# THE DATA
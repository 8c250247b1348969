//! The room of a live run.

ghost use Rattle.std.specs.Prelude.{◌≡◌, ◌<◌, ◌≤◌, ◌^◌, length, All, IfOk};
ghost use Rattle.link_script.specs.LiveScript.{IsCommand, app as app_command, block as block_command};
ghost use Rattle.link_live.specs.LiveRun.{IsReady, ScriptsHaveCommands};

use crate::audio::AudioReport;
use crate::script::ScriptReport;
use link_script::LiveScript;
use std::alloc::{AllocError, Global};

/// All room that a live run needs: for what the audio thread and the script's application tell.
#[derive(Drop)]
pub struct Room {
    pub audio: AudioReport,
    pub script: ScriptReport,
}

impl Room {
    /// The room of a run of this script that plays so many blocks at most. Memory: all of it.
    pub fn new(alloc: Global, script: &LiveScript, blocks: u64) -> Result<Room, AllocError>
        requires apps { All (λ command. IsCommand (app_command command)) script.now.apps.items }
        requires commands { All (λ command. IsCommand (block_command command)) script.now.blocks.items }
        requires few { (length script.now.blocks.items < 2 ^ 60) × (blocks ≤ 524_288) }
        ensures { IfOk result (IsReady script.now blocks) }
    {
        let places = blocks as usize;
        let apps = script.apps.len();
        Ok(Room {
            audio: AudioReport {
                reads: Vec::with_capacity(alloc, places)?,
                commits: Vec::with_capacity(alloc, script.blocks.len())?,
                plays: Vec::with_capacity(alloc, places)?,
            },
            script: ScriptReport {
                captures: Vec::with_capacity(alloc, apps)?,
                commits: Vec::with_capacity(alloc, apps)?,
            },
        })
    }
}

/// A law: a script that was read has commands for which there can be room.
pub fn scripts_have_commands()
    ensures { ScriptsHaveCommands }
{}
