//! What runs beside the network's loop over one link.
//!
//! What joins threads knows each side by a trait alone: the hub and the passes are of types that are generic in their cell, and closures
//! that hold those and the runtime's handle can't be joined.

ghost use Rattle.std.specs.Prelude.{◌≡◌, Bool};
ghost use Rattle.std.specs.Thread.{IsSend, IsSync};
ghost use Rattle.link_live.specs.declared.network.NetEnd.{NetEnd as AnyEnd};
ghost use Rattle.link_shared.specs.Audio.{AudioView};
ghost use Rattle.link_shared.specs.Passes.{AppView};

use crate::handing::ask_to_end;
use crate::network::{NetEnd, network_loop};
use link_node::Sends;
use link_shared::{AppPass, AudioPass, Hub, Link, LinkName};
use lk_outside::Port;
use std::sync::Wait;
use std::thread;
use std::thread::Threads;
use triple_buffer::Triple;

/// What runs on the audio thread beside the network's loop: it is lent the audio thread's pass of the link, and a device, `()` where there
/// is none. Lists that it fills are its own.
pub trait AudioSide<R, D> {
    /// How it ended.
    type End: Send;

    /// What it owes, and what it promises.
    ghost starts: { Self → AudioView → D → Type 0 };

    ghost runs: { Self → Self → AudioView → AudioView → D → D → Self.End → Type 0 };

    /// Runs to its end.
    fn run<N: LinkName>(
        &mut self,
        rt: &R,
        link: &Link<Triple<11>, N>,
        pass: &mut AudioPass<Triple<11>, N>,
        device: &mut D,
    ) -> Self::End
        requires { starts self.old pass.old device.old }
        ensures { runs self.old self.new pass.old pass.new device.old device.new result };
}

/// What runs on an application's thread beside the network's loop: it is lent the application's pass of the link, and at most two devices,
/// `()` where there is none. Lists that it fills are its own.
pub trait AppSide<R, E, F> {
    /// How it ended.
    type End: Send;

    /// What it owes, and what it promises.
    ghost starts: { Self → AppView → E → F → Type 0 };

    ghost runs: { Self → Self → AppView → AppView → E → E → F → F → Self.End → Type 0 };

    /// Runs to its end.
    fn run<N: LinkName>(
        &mut self,
        rt: &R,
        link: &Link<Triple<11>, N>,
        pass: &mut AppPass<Triple<11>, N>,
        first: &mut E,
        second: &mut F,
    ) -> Self::End
        requires { starts self.old pass.old first.old second.old }
        ensures { runs self.old self.new pass.old pass.new first.old first.new second.old second.new result };
}

/// A side that does nothing, for a program that has no such thread.
#[derive(Clone, Copy, Debug, PartialEq, Eq)]
pub struct Idle;

impl<R, D> AudioSide<R, D> for Idle {
    type End = ();

    ghost starts = { λ side pass device. Unit {0} };

    ghost runs = { λ side side_then pass pass_then device device_then end. pass_then ≡ pass };

    fn run<N: LinkName>(
        &mut self,
        _rt: &R,
        _link: &Link<Triple<11>, N>,
        _pass: &mut AudioPass<Triple<11>, N>,
        _device: &mut D,
    ) {}
}

impl<R, E, F> AppSide<R, E, F> for Idle {
    type End = ();

    ghost starts = { λ side pass first second. Unit {0} };

    ghost runs = { λ side side_then pass pass_then first first_then second second_then end. pass_then ≡ pass };

    fn run<N: LinkName>(
        &mut self,
        _rt: &R,
        _link: &Link<Triple<11>, N>,
        _pass: &mut AppPass<Triple<11>, N>,
        _first: &mut E,
        _second: &mut F,
    ) {}
}

/// Either side of one link, as what joins threads knows it.
pub(crate) trait Side<R, L, U, D, E> {
    type End: Send;

    ghost starts: { Self → U → D → E → Type 0 };

    ghost runs: { Self → Self → U → U → D → D → E → E → Self.End → Type 0 };

    fn go(&mut self, rt: &R, link: &L, pass: &mut U, first: &mut D, second: &mut E) -> Self::End
        requires { starts self.old pass.old first.old second.old }
        ensures { runs self.old self.new pass.old pass.new first.old first.new second.old second.new result };
}

impl<S: AudioSide<R, D>, N: LinkName, R, D> Side<
    R,
    Link<Triple<11>, N>,
    AudioPass<Triple<11>, N>,
    D,
    (),
> for S {
    type End = S::End;

    ghost starts = { λ side pass device none. S.starts side pass device };

    ghost runs = { λ side side_then pass pass_then device device_then none none_then end. S.runs side side_then pass pass_then device device_then end };

    fn go(
        &mut self,
        rt: &R,
        link: &Link<Triple<11>, N>,
        pass: &mut AudioPass<Triple<11>, N>,
        device: &mut D,
        _none: &mut (),
    ) -> S::End {
        self.run(rt, link, pass, device)
    }
}

impl<S: AppSide<R, E, F>, N: LinkName, R, E, F> Side<
    R,
    Link<Triple<11>, N>,
    AppPass<Triple<11>, N>,
    E,
    F,
> for S {
    type End = S::End;

    ghost starts = { λ side pass first second. S.starts side pass first second };

    ghost runs = { λ side side_then pass pass_then first first_then second second_then end. S.runs side side_then pass pass_then first first_then second second_then end };

    fn go(
        &mut self,
        rt: &R,
        link: &Link<Triple<11>, N>,
        pass: &mut AppPass<Triple<11>, N>,
        first: &mut E,
        second: &mut F,
    ) -> S::End {
        self.run(rt, link, pass, first, second)
    }
}

/// The network's side.
pub(crate) trait NetworkSide<R, L, P> {
    ghost starts: { Self → P → Bool → Type 0 };

    ghost runs: { Self → Self → P → P → Bool → AnyEnd → Type 0 };

    /// Runs the network's loop.
    fn run(&mut self, rt: &R, link: &L, port: &mut P, bound: bool, sends: &mut Sends) -> NetEnd
        requires { starts self.old port.old bound }
        ensures { runs self.old self.new port.old port.new bound result };
}

impl<N: LinkName, P: Port, R: Wait> NetworkSide<R, Link<Triple<11>, N>, P> for Hub<Triple<11>, N> {
    ghost use Rattle.link_live.specs.Loops.{CanRun, HasRun};

    ghost starts = { λ hub port bound. CanRun bound hub (P.seen port) };

    ghost runs = { λ hub hub_then port port_then bound end. HasRun bound hub hub_then (P.seen port) (P.seen port_then) end };

    fn run(
        &mut self,
        rt: &R,
        link: &Link<Triple<11>, N>,
        port: &mut P,
        bound: bool,
        sends: &mut Sends,
    ) -> NetEnd {
        network_loop(rt, self, link, &(), port, bound, sends)
    }
}

/// A link by which the network's loop can be asked to end.
pub(crate) trait Asking<R> {
    fn ask(&self, rt: &R);
}

impl<N: LinkName, R: Wait> Asking<R> for Link<Triple<11>, N> {
    fn ask(&self, rt: &R) {
        ask_to_end(rt, self);
    }
}

/// Runs the network's loop beside both sides, and asks it to end after them.
///
/// Waits: for the threads, in the loop and in the sides. Memory: theirs.
pub(crate) fn run_beside<
    R: Threads + Wait + Sync,
    L: Asking<R> + Sync,
    P: Send,
    U: Send,
    V: Send,
    D: Send,
    E: Send,
    F: Send,
    H: NetworkSide<R, L, P> + Send,
    A: Side<R, L, U, D, ()> + Send,
    B: Side<R, L, V, E, F> + Send,
>(
    rt: &R,
    link: &L,
    hub: &mut H,
    port: &mut P,
    bound: bool,
    sends: &mut Sends,
    audio: &mut A,
    audio_pass: &mut U,
    device: &mut D,
    app: &mut B,
    app_pass: &mut V,
    first: &mut E,
    second: &mut F,
) -> (NetEnd, (A::End, B::End))
    requires network { H.starts hub.old port.old bound }
    requires audio { A.starts audio.old audio_pass.old device.old tt }
    requires app { B.starts app.old app_pass.old first.old second.old }
    ensures network { H.runs hub.old hub.new port.old port.new bound result.0 }
    ensures audio { A.runs audio.old audio.new audio_pass.old audio_pass.new device.old device.new tt tt result.1.0 }
    ensures app { B.runs app.old app.new app_pass.old app_pass.new first.old first.new second.old second.new result.1.1 }
{
    thread::join_mut(
        rt,
        &mut || -> NetEnd
            requires { H.starts hub.now port.now bound }
            ensures { H.runs hub.entry.now hub.exit.now port.entry.now port.exit.now bound result }
        { hub.run(rt, link, port, bound, sends) },
        &mut || -> (A::End, B::End)
            requires { IsSync R.row × IsSync L.row × IsSend U.row × IsSend V.row × IsSend D.row × IsSend E.row × IsSend F.row
                × IsSend A.row × IsSend B.row × A.starts audio.now audio_pass.now device.now tt × B.starts app.now app_pass.now first.now second.now }
            ensures { A.runs audio.entry.now audio.exit.now audio_pass.entry.now audio_pass.exit.now device.entry.now device.exit.now tt tt result.0
                × B.runs app.entry.now app.exit.now app_pass.entry.now app_pass.exit.now first.entry.now first.exit.now second.entry.now second.exit.now result.1 }
        {
            let ends = run_sides(
                rt, link, audio, audio_pass, device, app, app_pass, first, second,
            );
            link.ask(rt);
            ends
        },
    )
}

// Runs both sides beside one another. Waits: for the threads, and in the sides. Memory: theirs.
fn run_sides<
    R: Threads + Wait + Sync,
    L: Sync,
    U: Send,
    V: Send,
    D: Send,
    E: Send,
    F: Send,
    A: Side<R, L, U, D, ()> + Send,
    B: Side<R, L, V, E, F> + Send,
>(
    rt: &R,
    link: &L,
    audio: &mut A,
    audio_pass: &mut U,
    device: &mut D,
    app: &mut B,
    app_pass: &mut V,
    first: &mut E,
    second: &mut F,
) -> (A::End, B::End)
    requires audio { A.starts audio.old audio_pass.old device.old tt }
    requires app { B.starts app.old app_pass.old first.old second.old }
    ensures audio { A.runs audio.old audio.new audio_pass.old audio_pass.new device.old device.new tt tt result.0 }
    ensures app { B.runs app.old app.new app_pass.old app_pass.new first.old first.new second.old second.new result.1 }
{
    let mut none = ();
    thread::join_mut(
        rt,
        &mut || -> A::End
            requires { A.starts audio.now audio_pass.now device.now tt }
            ensures { A.runs audio.entry.now audio.exit.now audio_pass.entry.now audio_pass.exit.now device.entry.now device.exit.now tt tt result }
        { audio.go(rt, link, audio_pass, device, &mut none) },
        &mut || -> B::End
            requires { B.starts app.now app_pass.now first.now second.now }
            ensures { B.runs app.entry.now app.exit.now app_pass.entry.now app_pass.exit.now first.entry.now first.exit.now second.entry.now second.exit.now result }
        { app.go(rt, link, app_pass, first, second) },
    )
}
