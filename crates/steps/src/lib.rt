// The call that runs a list of steps, row steps and settles. It takes every input.
// `Given` and p, n, a, r stay a clause and arguments, as those of `row_step` and `settle`, which are public, are:
// with a struct no clause is plainer (docs/DESIGN-PASS.md).
#![tactic(auto)]

ghost use Rattle.std.specs.Prelude.{◌≡◌, true, [], ◌∷◌, map, ◌≤◌, length};
ghost use Rattle.refusals.specs.Cases.{check_of};
ghost use Rattle.weights.specs.Languages.{places_of};
ghost use Rattle.weights.specs.Sizes.{places};
ghost use Rattle.matrices.specs.Buffers.{matrix_in};
ghost use Rattle.matrices.specs.Steps.{Given};
ghost use Rattle.guards.specs.Checks.{is_step, many_case, list_case, most_steps};
ghost use Rattle.routes.specs.Calls.{step_of, step_fits, steps_row, steps_left, steps_said};
ghost use Rattle.routes.specs.Ready.{step_meant, step_left, AllSteps, run_left, run_done};

use guards::network::Network;
use numbers::Node;
use refusals::Refusal;
use routes::{FIRST_SETTLE, MOST_STEPS, Step, Stopped, checks};
use weights::Places;

// The step that a number means.
fn step_of(x: u32) -> Step
    ensures { step_meant result ≡ step_of x }
{
    if x < FIRST_SETTLE {
        return Step::Row(Node(x as usize));
    }
    Step::Settle(Node((x - FIRST_SETTLE) as usize))
}

fn is_step(n: usize, x: u32) -> bool
    ensures { result ≡ is_step n x }
{
    // Three ways out: by `||` and `&&` in one line the check of a list of row steps takes more than twice as long.
    if (x as usize) < n {
        return true;
    }
    if x < FIRST_SETTLE {
        return false;
    }
    ((x - FIRST_SETTLE) as usize) < n
}

// 13, then 7 at the first number that is no step.
fn check_list(n: usize, list: &[u32]) -> Result<(), Refusal>
    ensures { result ≡ check_of (many_case list.now ∷ list_case n list.now ∷ []) }
{
    if MOST_STEPS < list.len() {
        return Err(Refusal::TooMany { which: 0, place: 0 });
    }
    for (k, x) in list.iter().enumerate() {
        if !is_step(n, *x) {
            let place = k as u32;
            return Err(Refusal::NoSuch { which: 0, place });
        }
    }
    Ok(())
}

// One step; false where it is refused 11, and nothing is written then.
fn one_step(p: Places, n: usize, a: &[u32], r: &mut [u32], x: u32) -> bool
    requires { Given (places_of p) n a.now r.old × (is_step n x ≡ true) }
    ensures value { result ≡ step_fits (places_of p) n (matrix_in places n a.now) (matrix_in places n r.old) (step_of x) }
    ensures r_after { r.new ≡ step_left (places_of p) n a.now r.old (step_of x) }
{
    match step_of(x) {
        Step::Row(node) => rows::stepping::row_step(p, n, a, r, node),
        Step::Settle(node) => {
            columns::settling::settle(p, n, a, r, node);
            true
        }
    }
}

// Runs the steps in order up to the first that is refused, and says how many are done.
fn run(p: Places, n: usize, a: &[u32], r: &mut [u32], list: &[u32]) -> u32
    requires { Given (places_of p) n a.now r.old × AllSteps n list.now × (length list.now ≤ most_steps) }
    ensures value { result ≡ run_done (places_of p) n a.now r.old (map step_of list.now) }
    ensures r_after { r.new ≡ run_left (places_of p) n a.now r.old (map step_of list.now) }
{
    for (done, x) in list.iter().enumerate() {
        if !one_step(p, n, a, r, *x) {
            return done as u32;
        }
    }
    list.len() as u32
}

// Runs a list of steps on r. Refuses 3, 5, 4, 9, 10, 6 on A and R, 13, 7, and 11 while running: then the earlier steps stand.
pub fn steps(network: &Network<'_>, r: &mut [u32], list: &[u32]) -> Result<u32, Stopped>
    ensures answer { steps_said result ≡ steps_row network.now r.old list.now }
    ensures r_after { r.new ≡ steps_left network.now r.old list.now }
{
    let p = checks::ready(network, r)?;
    let n = network.n as usize;
    check_list(n, list)?;
    let done = run(p, n, network.arcs, r, list);
    if (done as usize) < list.len() {
        let refusal = Refusal::Sum {
            which: 0,
            place: done,
        };
        return Err(Stopped { refusal, done });
    }
    Ok(done)
}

# EXERCISE DESCRIPTION
A single number is expected: how many lines in the material above contain the word "impl".

# ANSWER SECTION
7